- _EXERCISE AIM_: All of the data below should be output exactly as given.

----------------

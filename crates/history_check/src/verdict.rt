//! The verdict on a history and the rule that an entry breaks, with the texts that `check` prints.
//! The judge by locks and the judge by the order of commits both return a `Verdict`, so this module
//! uses neither judge. Proved: each text is as `specs/Verdicts.antt` defines it.
ghost use Rattle.std.specs.Prelude.{◌≡◌, IfOk, string_bytes};
ghost use Rattle.history_check.specs.Verdicts.{number_of, says_legal, verdict_line};

use std::alloc::{AllocError, Global};
use std::error::Error;
use std::fmt;

/// A rule that an entry of a history may break. It is printed with its number, such as `rule 1`.
#[derive(Clone, Copy, Debug, PartialEq, Eq)]
pub enum Rule {
    /// Each open transaction has the same replies as if it ran alone on the map that results from
    /// the committed transactions. This includes the replies of operations that it has taken back.
    /// The judge by the order of commits applies this rule only to a transaction that commits.
    Replies = 1,
    /// A stripe of keys belongs to at most one open transaction at a time. An Asked entry finds no
    /// other holder. A Busy entry names another caller, which holds the stripe or has begun a
    /// transaction. `Holder` says which of the two is required.
    Locks = 2,
    /// Each caller's entries have the right shape (`row` of `txn_words`), and transactions and
    /// commits are numbered from 1.
    Shape = 3,
}

impl Rule {
    /// The rule's number, from 1 to 3.
    ///
    /// # Cost
    ///
    /// Constant time; takes no memory.
    pub fn number(self) -> u8
        ensures { result ≡ number_of self }
    {
        self as u8
    }
}

impl fmt::Display for Rule {
    ghost use Rattle.std.specs.Prelude.{Some};
    ghost use Rattle.history_check.specs.Verdicts.{rule_words};

    ghost output = { λ rule. Some (rule_words rule) };

    fn fmt<W: fmt::Write>(&self, f: &mut fmt::Formatter<W>) -> fmt::Result {
        write!(f, "rule {}", self.number())
    }
}

impl Error for Rule {}

/// The judgement of a history. It is printed as `legal 2 commits 0 open`, or as `illegal entry 12
/// rule 1`.
#[derive(Clone, Copy, Debug, PartialEq, Eq)]
pub enum Verdict {
    /// No entry breaks a rule.
    Legal {
        /// How many transactions are committed.
        commits: u64,
        /// How many callers are in a transaction at the end.
        running: u64,
    },
    /// An entry breaks a rule.
    Illegal {
        /// The index, from 0, of the first entry that breaks a rule.
        entry: u64,
        /// The first rule that the entry breaks, in the order shape, replies, locks.
        rule: Rule,
    },
}

impl Verdict {
    /// Whether the verdict says that the history is legal.
    ///
    /// # Cost
    ///
    /// Constant time; takes no memory.
    pub fn is_legal(self) -> bool
        ensures { result ≡ says_legal self }
    {
        matches!(self, Verdict::Legal { .. })
    }

    /// The line that gives the verdict: its text, and a line feed.
    ///
    /// # Errors
    ///
    /// `AllocError` if memory is refused.
    ///
    /// # Cost
    ///
    /// Time and memory in proportion to the line, which has at most 61 bytes.
    pub fn line(self, alloc: Global) -> Result<String, AllocError>
        ensures { IfOk result (λ line. string_bytes line ≡ verdict_line self) }
    {
        let mut line = String::new(alloc);
        writeln!(line, "{self}")?;
        Ok(line)
    }
}

impl fmt::Display for Verdict {
    ghost use Rattle.std.specs.Prelude.{Some};
    ghost use Rattle.history_check.specs.Verdicts.{verdict_words};

    ghost output = { λ verdict. Some (verdict_words verdict) };

    fn fmt<W: fmt::Write>(&self, f: &mut fmt::Formatter<W>) -> fmt::Result {
        match *self {
            Verdict::Legal { commits, running } => {
                write!(f, "legal {commits} commits {running} open")
            }
            Verdict::Illegal { entry, rule } => write!(f, "illegal entry {entry} {rule}"),
        }
    }
}

impl Error for Verdict {}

----------------

- _RESULT FOR THIS EXERCISE_:
filename crates/history_check/src/verdict.rt
//! The verdict on a history and the rule that an entry breaks, with the texts that `check` prints.
//! The judge by locks and the judge by the order of commits both return a `Verdict`, so this module
//! uses neither judge. Proved: each text is as `specs/Verdicts.antt` defines it.
ghost use Rattle.std.specs.Prelude.{◌≡◌, IfOk, string_bytes};
ghost use Rattle.history_check.specs.Verdicts.{number_of, says_legal, verdict_line};

use std::alloc::{AllocError, Global};
use std::error::Error;
use std::fmt;

/// A rule that an entry of a history may break. It is printed with its number, such as `rule 1`.
#[derive(Clone, Copy, Debug, PartialEq, Eq)]
pub enum Rule {
    /// Each open transaction has the same replies as if it ran alone on the map that results from
    /// the committed transactions. This includes the replies of operations that it has taken back.
    /// The judge by the order of commits applies this rule only to a transaction that commits.
    Replies = 1,
    /// A stripe of keys belongs to at most one open transaction at a time. An Asked entry finds no
    /// other holder. A Busy entry names another caller, which holds the stripe or has begun a
    /// transaction. `Holder` says which of the two is required.
    Locks = 2,
    /// Each caller's entries have the right shape (`row` of `txn_words`), and transactions and
    /// commits are numbered from 1.
    Shape = 3,
}

impl Rule {
    /// The rule's number, from 1 to 3.
    ///
    /// # Cost
    ///
    /// Constant time; takes no memory.
    pub fn number(self) -> u8
        ensures { result ≡ number_of self }
    {
        self as u8
    }
}

impl fmt::Display for Rule {
    ghost use Rattle.std.specs.Prelude.{Some};
    ghost use Rattle.history_check.specs.Verdicts.{rule_words};

    ghost output = { λ rule. Some (rule_words rule) };

    fn fmt<W: fmt::Write>(&self, f: &mut fmt::Formatter<W>) -> fmt::Result {
        write!(f, "rule {}", self.number())
    }
}

impl Error for Rule {}

/// The judgement of a history. It is printed as `legal 2 commits 0 open`, or as `illegal entry 12
/// rule 1`.
#[derive(Clone, Copy, Debug, PartialEq, Eq)]
pub enum Verdict {
    /// No entry breaks a rule.
    Legal {
        /// How many transactions are committed.
        commits: u64,
        /// How many callers are in a transaction at the end.
        running: u64,
    },
    /// An entry breaks a rule.
    Illegal {
        /// The index, from 0, of the first entry that breaks a rule.
        entry: u64,
        /// The first rule that the entry breaks, in the order shape, replies, locks.
        rule: Rule,
    },
}

impl Verdict {
    /// Whether the verdict says that the history is legal.
    ///
    /// # Cost
    ///
    /// Constant time; takes no memory.
    pub fn is_legal(self) -> bool
        ensures { result ≡ says_legal self }
    {
        matches!(self, Verdict::Legal { .. })
    }

    /// The line that gives the verdict: its text, and a line feed.
    ///
    /// # Errors
    ///
    /// `AllocError` if memory is refused.
    ///
    /// # Cost
    ///
    /// Time and memory in proportion to the line, which has at most 61 bytes.
    pub fn line(self, alloc: Global) -> Result<String, AllocError>
        ensures { IfOk result (λ line. string_bytes line ≡ verdict_line self) }
    {
        let mut line = String::new(alloc);
        writeln!(line, "{self}")?;
        Ok(line)
    }
}

impl fmt::Display for Verdict {
    ghost use Rattle.std.specs.Prelude.{Some};
    ghost use Rattle.history_check.specs.Verdicts.{verdict_words};

    ghost output = { λ verdict. Some (verdict_words verdict) };

    fn fmt<W: fmt::Write>(&self, f: &mut fmt::Formatter<W>) -> fmt::Result {
        match *self {
            Verdict::Legal { commits, running } => {
                write!(f, "legal {commits} commits {running} open")
            }
            Verdict::Illegal { entry, rule } => write!(f, "illegal entry {entry} {rule}"),
        }
    }
}

impl Error for Verdict {}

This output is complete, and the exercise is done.